Google Cloud publishes an SLA for almost every service. The standard text covers a fraction of the customer's real availability and operational risk. Negotiated overlays close the gap.
Google Cloud is mature on SLAs, in the sense that the publisher has a written SLA for almost every product in the catalogue. Compute Engine, Cloud Storage, BigQuery, Cloud SQL, Kubernetes, networking, and the broader portfolio all carry published terms. Customers can read them on the public site and pull them into a contract clause.
The maturity is also the trap. The published terms are framed for the publisher, and the default credits, carve outs, and exclusions add up to a thin layer of protection against real customer impact. The buyer side play is to read the SLA framework as a starting position and negotiate the parts that matter.
Read the related Google Cloud advisory practice, the Google Cloud knowledge hub, and the AWS advisory practice for the broader hyperscaler context.

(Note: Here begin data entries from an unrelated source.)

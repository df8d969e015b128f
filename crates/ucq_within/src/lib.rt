//! Containment of queries under rules, queries without atoms that the rules make needless, and rules that others make
//! needless, told by the rows of a store.
//!
//! A query is contained in another under rules when each of its answers over any facts is one of the other's. After
//! D. S. Johnson and A. Klug, *Testing containment of conjunctive queries under functional and inclusion dependencies*,
//! Journal of Computer and System Sciences 28, 1984, with a rewriting in place of a chase.
#![tactic(auto)]

pub mod containment;
pub mod laws;
mod minimal;
mod needless;

pub use minimal::minimise;
pub use needless::rule_queries;

/// Whether a query is contained in that of a store, under the store's rules.
#[derive(Clone, Copy, Debug, PartialEq, Eq)]
pub enum Within {
    /// It is: this row, the first that does, covers it.
    Yes { row: u32 },
    /// It isn't: the store is finished, and no row covers it.
    No,
    /// Nothing is known: the store is cut, and no row covers it.
    Open,
}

The GCP SLA structure has three principal layers. Each layer is set by the publisher and can be negotiated against by larger enterprise customers.
Each service has a target. Compute Engine sits at 99.99 percent for instances across multiple zones. Cloud Storage multi region sits at 99.95 percent for standard storage. BigQuery sits at 99.99 percent for the query service. Numbers differ by product family and region.
If the publisher misses the target, the customer earns a credit calculated as a percentage of the monthly bill for the affected service. Credits are not cash and cannot be redeemed against unrelated services.
The published SLA excludes events outside the publisher's control, scheduled maintenance windows, and customer caused outages. Each exclusion is broad in the default text and narrows only through negotiation.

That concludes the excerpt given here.